Lindlau gilt als Urgestein des kritisch-engagierten Fernseh- Journalismus und durchaus als Mann der starken Worte. Häufig lösten seine Reportagen kontroverse Diskussionen aus, wie auch sein Buch "Der Mob - Recherchen zum Organisierten Verbrechen" (1987). Seine Berichte über Methoden der Schutzgelderpressung, Rauschgifthandels und die Erschließung der Bundesrepublik für diese Kriminalität wurden von Politikern damals als Hirngespinste abgetan, aber von Fachleuten bestätigt. Lindlau avancierte zum "Mafia-Experten". Auch in seinem Buch "Der Lohnkiller" (1992) um den Fall des bezahlten Hamburger Killers Werner Pinzner und dem Roman "Straglers Woche" (1997) bedient er sich realer Strukturen aus dem Milieu - und erntete oft Ärger.

Zuletzt erschien 2006 sein Buch "Reporter. Eine Art Beruf" über eigene Erfahrungen und Erlebnisse. Das Buch will er selbst aber nicht etwa als Bilanz verstanden wissen will, sondern allenfalls als Zwischenruf. Dennoch scheint unwahrscheinlich, dass Memoiren folgen: Inzwischen schreibe er ohne das Ziel der Veröffentlichung - um sich Ärger zu ersparen, sagt Lindlau. "Diesen Luxus leiste ich mir."

Lindlau begann seine Journalisten-Karriere 1954 beim Bayerischen Rundfunk und wurde dort nach elf Jahren Chefreporter. Bis in die 80er Jahre war er als Moderator und Leiter verschiedener Magazinsendungen wie "Report", "Weltspiegel" oder der beliebten Talkshow "III nach neun" von Radio Bremen tätig. Von seinem Auslandskorrespondenten- Posten in Wien kehrte Lindlau 1990 als Chefreporter zum Bayerischen Rundfunk zurück. Drei Mal erhielt er den Adolf-Grimme-Preis für seine "couragiert-kompetenten Kommentare" und seine "imponierenden Beiträge zur Gesprächskultur im Fernsehen".

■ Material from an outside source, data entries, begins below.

// Whether a description makes a table.
ghost use Rattle.std.specs.Prelude.{◌↔◌, ◌<◌, ◌+◌, ◌^◌, All, IfNone, IfSome, IsTrue, SomeIff, length, sum_by};
ghost use Rattle.std.specs.List.{AllZip};
ghost use Rattle.vortex_table_types.specs.Described.{AllFit, FitsColumns, HaveOwnNames, IsApart, IsChunkOf, IsDescribed, IsFirstUnfit, IsFirstUnfitSplit, Refuses, split_count, steps_of, total_rows};

use crate::describe::{ChunkDesc, PartitionDesc, SplitDesc};
use crate::errors::TableError;
use vortex_array::ColumnDesc;

// Whether the column at this place has another name than each before it.
fn is_apart(columns: &[ColumnDesc], place: usize) -> bool
    requires { place < length columns.now }
    ensures { IsTrue result ↔ IsApart columns.now place }
{
    for earlier in 0..place {
        if columns[earlier].name.as_str() == columns[place].name.as_str() {
            return false;
        }
    }
    true
}

// Whether no two columns share a name.
fn have_own_names(columns: &[ColumnDesc]) -> bool
    ensures { IsTrue result ↔ HaveOwnNames columns.now }
{
    for place in 0..columns.len() {
        if !is_apart(columns, place) {
            return false;
        }
    }
    true
}

// Whether a chunk has the split's rows and the column's type.
fn is_chunk_of(split: &SplitDesc, column: &ColumnDesc, chunk: &ChunkDesc) -> bool
    ensures { IsTrue result ↔ IsChunkOf split.now column.now chunk.now }
{
    chunk.rows == split.rows && chunk.dtype == column.dtype
}

// Whether a split has these chunks, one for each of these columns.
fn are_chunks_of(split: &SplitDesc, columns: &[ColumnDesc], chunks: &[ChunkDesc]) -> bool
    ensures { IsTrue result ↔ AllZip (IsChunkOf split.now) columns.now chunks.now }
{
    if columns.len() != chunks.len() {
        return false;
    }
    for place in 0..columns.len() {
        if !is_chunk_of(split, &columns[place], &chunks[place]) {
            return false;
        }
    }
    true
}

// The first split whose chunks do not fit the columns.
fn first_unfit_split(columns: &[ColumnDesc], splits: &[SplitDesc]) -> Option<usize>
    ensures none { IfNone result (All (FitsColumns columns.now) splits.now) }
    ensures some { IfSome result (λ split. IsFirstUnfitSplit columns.now splits.now split) }
{
    for index in 0..splits.len() {
        let split = &splits[index];
        if !are_chunks_of(split, columns, split.chunks.as_slice()) {
            return Some(index);
        }
    }
    None
}

// The first split of a table whose chunks do not fit the columns.
fn first_unfit(columns: &[ColumnDesc], partitions: &[PartitionDesc]) -> Option<(u64, u64)>
    ensures none { IfNone result (All (AllFit columns.now) partitions.now) }
    ensures some { IfSome result (λ place. IsFirstUnfit columns.now partitions.now place.0 place.1) }
{
    for index in 0..partitions.len() {
        let partition = &partitions[index];
        if let Some(split) = first_unfit_split(columns, partition.splits.as_slice()) {
            return Some((index as u64, split as u64));
        }
    }
    None
}

// The rows of a partition, where they fit 64 bits with those before it.
#[tactic(auto, using(std::proofs::lemmas::List::Sums::sum_by_more_le, std::proofs::lemmas::List::Sums::sum_by_more))]
fn add_rows(rows: u64, splits: &[SplitDesc]) -> Option<u64>
    ensures { SomeIff result (rows + sum_by (λ split. split.rows) splits.now < 2 ^ 64) (rows + sum_by (λ split. split.rows) splits.now) }
{
    let mut rows = rows;
    for split in splits {
        rows = rows.checked_add(split.rows)?;
    }
    Some(rows)
}

// The rows of a table, where they fit 64 bits.
#[tactic(auto, using(std::proofs::lemmas::List::Sums::sum_by_more_le, std::proofs::lemmas::List::Sums::sum_by_more))]
fn count_rows(partitions: &[PartitionDesc]) -> Option<u64>
    ensures { SomeIff result (total_rows partitions.now < 2 ^ 64) (total_rows partitions.now) }
{
    let mut rows = 0u64;
    for partition in partitions {
        rows = add_rows(rows, partition.splits.as_slice())?;
    }
    Some(rows)
}

// The splits of a table, where their number fits 64 bits.
#[tactic(auto, using(std::proofs::lemmas::List::Sums::sum_by_more_le, std::proofs::lemmas::List::Sums::sum_by_more))]
fn count_splits(partitions: &[PartitionDesc]) -> Option<u64>
    ensures { SomeIff result (split_count partitions.now < 2 ^ 64) (split_count partitions.now) }
{
    let mut splits = 0u64;
    for partition in partitions {
        splits = splits.checked_add(partition.splits.len() as u64)?;
    }
    Some(splits)
}

/// Six for each split and two for each partition, where that fits 64 bits.
pub fn count_steps(partitions: &[PartitionDesc]) -> Option<u64>
    ensures { SomeIff result (steps_of partitions.now < 2 ^ 64) (steps_of partitions.now) }
{
    let splits = count_splits(partitions)?.checked_mul(6)?;
    let partitions = (partitions.len() as u64).checked_mul(2)?;
    splits.checked_add(partitions)
}

/// Why a description and so many sources make no table, if they make none.
pub fn refusal(
    columns: &[ColumnDesc],
    partitions: &[PartitionDesc],
    sources: usize,
) -> Option<TableError>
    ensures none { IfNone result (IsDescribed columns.now partitions.now sources) }
    ensures some { IfSome result (Refuses columns.now partitions.now sources) }
{
    if !have_own_names(columns) {
        return Some(TableError::RepeatedName);
    }
    if sources != partitions.len() {
        return Some(TableError::SourceCount);
    }
    if let Some((partition, split)) = first_unfit(columns, partitions) {
        return Some(TableError::ChunkListDoesNotFit { partition, split });
    }
    if count_rows(partitions).is_none() || count_steps(partitions).is_none() {
        return Some(TableError::TooLarge);
    }
    None
}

Mit Blick auf das heutige Fernsehen ist Lindlau zwiespältig. Es gebe brillante Reporter und Journalisten, die er bewundere. Aber die Arbeitsteilung in politischen Sendungen habe vielfach nicht zu deren Qualität beigetragen. "Damals war ich verantwortlich für alles", sagte er. Heute würden Dreh, Texte, Schnitt, Regie, Moderation und Recherche von verschiedenen Kollegen zugeliefert. Gelegentlich merke man, dass es nicht aus einem Guss ist. "Vor allem die Recherche hätte ich mir nie aus der Hand nehmen lassen", sagt Lindlau rückblickend.

Als Rentner lebt der gebürtige Münchner nach wie vor nahe der bayerischen Landeshauptstadt und pendelt gelegentlich nach Italien. Gefeiert wird der runde Geburtstag aber weder da noch hier: "Was ist daran ein großes Verdienst, 80 zu werden?" Zumal er nach einem glücklich überstandenen Herzstillstand vor zwei Jahren inzwischen zwei Geburtstage zu feiern hätte, wenn er denn feiern wollte.

Längst gehe es ihm wieder "fantastisch", sagte der passionierte Sportschütze und Bridgespieler, der Körper und Geist noch immer regelmäßig durch Tontaubenschießen und hochklassige Bridge-Turniere am Computer in Form hält. Erst kürzlich habe er den Altersfitnesstest beim ADAC mitgemacht und ihn gut bestanden. "Das sollte übrigens jeder Autofahrer im Alter machen", erinnert sich der preisgekrönte frühere Journalist des öffentlich-rechtlichen Rundfunks an seinen erzieherischen Auftrag, "gerade beim heutigen Verkehrsaufkommen".